• **WORK ORDER**: Would you show every line from the records that holds "Prelude"?

<<<<

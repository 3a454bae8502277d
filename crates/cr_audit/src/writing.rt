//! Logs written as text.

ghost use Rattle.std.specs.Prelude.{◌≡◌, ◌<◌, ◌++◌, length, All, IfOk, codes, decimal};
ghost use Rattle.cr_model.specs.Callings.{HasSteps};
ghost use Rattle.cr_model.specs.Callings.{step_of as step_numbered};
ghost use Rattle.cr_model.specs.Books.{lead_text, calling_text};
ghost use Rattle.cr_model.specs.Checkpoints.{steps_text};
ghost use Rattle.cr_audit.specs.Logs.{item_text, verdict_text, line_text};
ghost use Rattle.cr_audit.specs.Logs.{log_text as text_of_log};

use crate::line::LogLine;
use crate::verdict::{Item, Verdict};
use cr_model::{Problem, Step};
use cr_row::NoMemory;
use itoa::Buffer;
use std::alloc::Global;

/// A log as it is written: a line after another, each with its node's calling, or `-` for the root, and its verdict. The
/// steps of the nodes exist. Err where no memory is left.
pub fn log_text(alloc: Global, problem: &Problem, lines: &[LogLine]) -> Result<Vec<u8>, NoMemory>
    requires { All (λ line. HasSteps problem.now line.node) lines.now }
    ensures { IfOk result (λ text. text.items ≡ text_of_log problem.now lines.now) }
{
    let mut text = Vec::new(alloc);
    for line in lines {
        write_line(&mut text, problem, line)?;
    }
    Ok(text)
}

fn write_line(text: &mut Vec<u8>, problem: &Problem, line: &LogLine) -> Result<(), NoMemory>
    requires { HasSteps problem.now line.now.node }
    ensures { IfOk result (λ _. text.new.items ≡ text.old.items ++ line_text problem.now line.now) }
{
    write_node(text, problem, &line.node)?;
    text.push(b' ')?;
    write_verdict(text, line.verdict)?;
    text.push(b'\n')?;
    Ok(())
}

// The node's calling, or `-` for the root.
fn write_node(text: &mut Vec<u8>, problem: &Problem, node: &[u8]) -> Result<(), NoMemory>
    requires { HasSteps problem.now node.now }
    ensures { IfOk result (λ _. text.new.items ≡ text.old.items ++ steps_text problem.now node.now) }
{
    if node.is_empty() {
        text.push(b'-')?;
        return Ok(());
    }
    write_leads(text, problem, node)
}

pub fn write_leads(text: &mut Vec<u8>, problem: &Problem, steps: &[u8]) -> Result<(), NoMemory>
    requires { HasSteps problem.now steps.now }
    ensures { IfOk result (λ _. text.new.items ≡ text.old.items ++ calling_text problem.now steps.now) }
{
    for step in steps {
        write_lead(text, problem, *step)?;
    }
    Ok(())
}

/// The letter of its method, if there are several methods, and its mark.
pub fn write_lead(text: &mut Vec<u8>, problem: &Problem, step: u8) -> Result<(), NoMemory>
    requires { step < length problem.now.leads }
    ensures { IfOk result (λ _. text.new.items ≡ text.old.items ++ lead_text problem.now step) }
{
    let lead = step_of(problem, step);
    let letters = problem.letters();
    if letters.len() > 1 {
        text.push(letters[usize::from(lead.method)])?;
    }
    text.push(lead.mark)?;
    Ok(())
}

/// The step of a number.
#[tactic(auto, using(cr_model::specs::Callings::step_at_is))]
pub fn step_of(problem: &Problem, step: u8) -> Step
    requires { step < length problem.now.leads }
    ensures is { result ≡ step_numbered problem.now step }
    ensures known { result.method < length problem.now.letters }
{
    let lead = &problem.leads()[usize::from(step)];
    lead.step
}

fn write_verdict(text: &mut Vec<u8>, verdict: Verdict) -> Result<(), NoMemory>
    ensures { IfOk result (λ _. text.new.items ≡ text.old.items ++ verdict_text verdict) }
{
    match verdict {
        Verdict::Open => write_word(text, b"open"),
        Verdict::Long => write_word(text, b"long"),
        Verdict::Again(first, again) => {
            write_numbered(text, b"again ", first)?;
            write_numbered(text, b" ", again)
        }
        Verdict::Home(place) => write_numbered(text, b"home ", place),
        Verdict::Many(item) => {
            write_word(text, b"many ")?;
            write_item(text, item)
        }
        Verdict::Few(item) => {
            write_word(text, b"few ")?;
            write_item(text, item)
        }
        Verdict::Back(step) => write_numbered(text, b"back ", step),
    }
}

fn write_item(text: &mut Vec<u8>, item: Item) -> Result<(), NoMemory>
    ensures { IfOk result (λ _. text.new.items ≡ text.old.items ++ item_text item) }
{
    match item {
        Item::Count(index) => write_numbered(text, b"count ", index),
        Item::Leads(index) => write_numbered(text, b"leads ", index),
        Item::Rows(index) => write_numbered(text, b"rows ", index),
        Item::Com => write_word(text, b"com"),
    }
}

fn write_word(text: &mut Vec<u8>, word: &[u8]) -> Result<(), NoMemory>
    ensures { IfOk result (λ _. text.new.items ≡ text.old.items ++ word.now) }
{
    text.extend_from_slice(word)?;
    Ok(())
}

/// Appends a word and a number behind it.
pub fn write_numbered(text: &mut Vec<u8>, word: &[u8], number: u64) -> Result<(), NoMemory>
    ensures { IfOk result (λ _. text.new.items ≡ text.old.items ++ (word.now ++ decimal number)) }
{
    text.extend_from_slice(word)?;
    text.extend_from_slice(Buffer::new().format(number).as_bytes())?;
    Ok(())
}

>>>>
<<<<

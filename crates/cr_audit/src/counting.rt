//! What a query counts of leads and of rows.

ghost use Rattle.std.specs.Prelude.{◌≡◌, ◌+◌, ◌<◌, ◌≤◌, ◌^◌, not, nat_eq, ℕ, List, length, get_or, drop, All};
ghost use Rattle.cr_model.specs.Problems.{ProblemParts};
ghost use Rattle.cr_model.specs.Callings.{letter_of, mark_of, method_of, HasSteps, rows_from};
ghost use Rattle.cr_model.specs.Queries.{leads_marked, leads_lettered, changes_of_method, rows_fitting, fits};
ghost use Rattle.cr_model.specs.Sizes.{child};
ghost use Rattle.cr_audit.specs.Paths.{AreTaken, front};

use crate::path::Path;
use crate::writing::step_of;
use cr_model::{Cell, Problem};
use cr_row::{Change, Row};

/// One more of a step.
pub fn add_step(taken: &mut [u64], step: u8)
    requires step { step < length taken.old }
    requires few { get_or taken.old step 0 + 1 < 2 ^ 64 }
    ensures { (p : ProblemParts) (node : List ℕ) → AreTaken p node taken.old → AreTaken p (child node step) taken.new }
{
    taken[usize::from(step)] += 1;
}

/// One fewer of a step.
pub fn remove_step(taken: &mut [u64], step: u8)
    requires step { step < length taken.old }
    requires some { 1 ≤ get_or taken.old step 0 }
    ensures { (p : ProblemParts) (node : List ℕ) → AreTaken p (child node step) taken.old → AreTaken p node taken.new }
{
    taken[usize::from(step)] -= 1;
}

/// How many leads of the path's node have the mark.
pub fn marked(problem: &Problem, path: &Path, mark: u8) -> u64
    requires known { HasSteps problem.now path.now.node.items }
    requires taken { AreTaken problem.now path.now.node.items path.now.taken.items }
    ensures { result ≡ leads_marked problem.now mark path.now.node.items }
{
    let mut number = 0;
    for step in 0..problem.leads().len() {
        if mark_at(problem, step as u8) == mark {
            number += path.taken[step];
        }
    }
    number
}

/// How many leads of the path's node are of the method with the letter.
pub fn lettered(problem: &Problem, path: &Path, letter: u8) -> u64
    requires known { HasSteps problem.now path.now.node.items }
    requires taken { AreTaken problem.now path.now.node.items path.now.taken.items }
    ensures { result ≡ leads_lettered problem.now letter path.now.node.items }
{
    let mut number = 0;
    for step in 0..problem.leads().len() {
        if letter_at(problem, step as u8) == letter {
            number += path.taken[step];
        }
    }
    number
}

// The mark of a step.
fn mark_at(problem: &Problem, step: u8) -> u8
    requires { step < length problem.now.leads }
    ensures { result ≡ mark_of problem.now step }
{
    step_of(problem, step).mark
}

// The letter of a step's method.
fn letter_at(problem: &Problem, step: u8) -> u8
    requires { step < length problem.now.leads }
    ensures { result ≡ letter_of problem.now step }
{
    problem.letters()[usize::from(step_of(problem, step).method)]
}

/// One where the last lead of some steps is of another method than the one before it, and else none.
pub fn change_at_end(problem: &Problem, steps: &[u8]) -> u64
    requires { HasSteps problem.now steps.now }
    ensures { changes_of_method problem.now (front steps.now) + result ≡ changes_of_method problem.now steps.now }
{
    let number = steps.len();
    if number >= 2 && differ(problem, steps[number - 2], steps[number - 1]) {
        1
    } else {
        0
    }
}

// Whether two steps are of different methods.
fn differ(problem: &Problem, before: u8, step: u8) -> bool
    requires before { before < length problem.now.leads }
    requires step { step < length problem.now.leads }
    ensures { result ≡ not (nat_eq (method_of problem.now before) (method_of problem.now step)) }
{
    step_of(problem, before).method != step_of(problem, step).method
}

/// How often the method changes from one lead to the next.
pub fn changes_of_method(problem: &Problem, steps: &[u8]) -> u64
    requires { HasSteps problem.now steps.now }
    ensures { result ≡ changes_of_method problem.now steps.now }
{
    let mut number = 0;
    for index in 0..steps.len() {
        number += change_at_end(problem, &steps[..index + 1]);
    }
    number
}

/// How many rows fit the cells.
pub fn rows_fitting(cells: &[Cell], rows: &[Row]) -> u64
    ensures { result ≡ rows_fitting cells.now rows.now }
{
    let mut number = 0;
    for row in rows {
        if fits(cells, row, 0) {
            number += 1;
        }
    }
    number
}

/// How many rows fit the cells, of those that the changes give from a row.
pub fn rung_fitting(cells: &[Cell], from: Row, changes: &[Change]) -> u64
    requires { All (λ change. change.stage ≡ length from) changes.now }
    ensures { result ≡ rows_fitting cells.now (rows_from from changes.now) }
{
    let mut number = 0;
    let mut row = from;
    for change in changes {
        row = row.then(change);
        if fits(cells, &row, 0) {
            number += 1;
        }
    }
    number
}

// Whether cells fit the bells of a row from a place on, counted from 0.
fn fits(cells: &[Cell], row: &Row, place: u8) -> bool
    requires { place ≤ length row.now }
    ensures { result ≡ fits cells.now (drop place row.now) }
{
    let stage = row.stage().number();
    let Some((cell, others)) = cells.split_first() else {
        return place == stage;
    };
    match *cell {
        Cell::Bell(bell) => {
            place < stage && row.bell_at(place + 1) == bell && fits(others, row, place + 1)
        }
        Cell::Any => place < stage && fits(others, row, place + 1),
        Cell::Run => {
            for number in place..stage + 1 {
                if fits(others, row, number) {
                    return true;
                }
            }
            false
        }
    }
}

>>>>

• **EXERCISE RESPONSE**:
ghost use Rattle.std.specs.Prelude.{◌≡◌, ◌<◌, ◌++◌, length, All, IfOk, codes, decimal};
ghost use Rattle.std.specs.Prelude.{◌≡◌, ◌+◌, ◌<◌, ◌≤◌, ◌^◌, not, nat_eq, ℕ, List, length, get_or, drop, All};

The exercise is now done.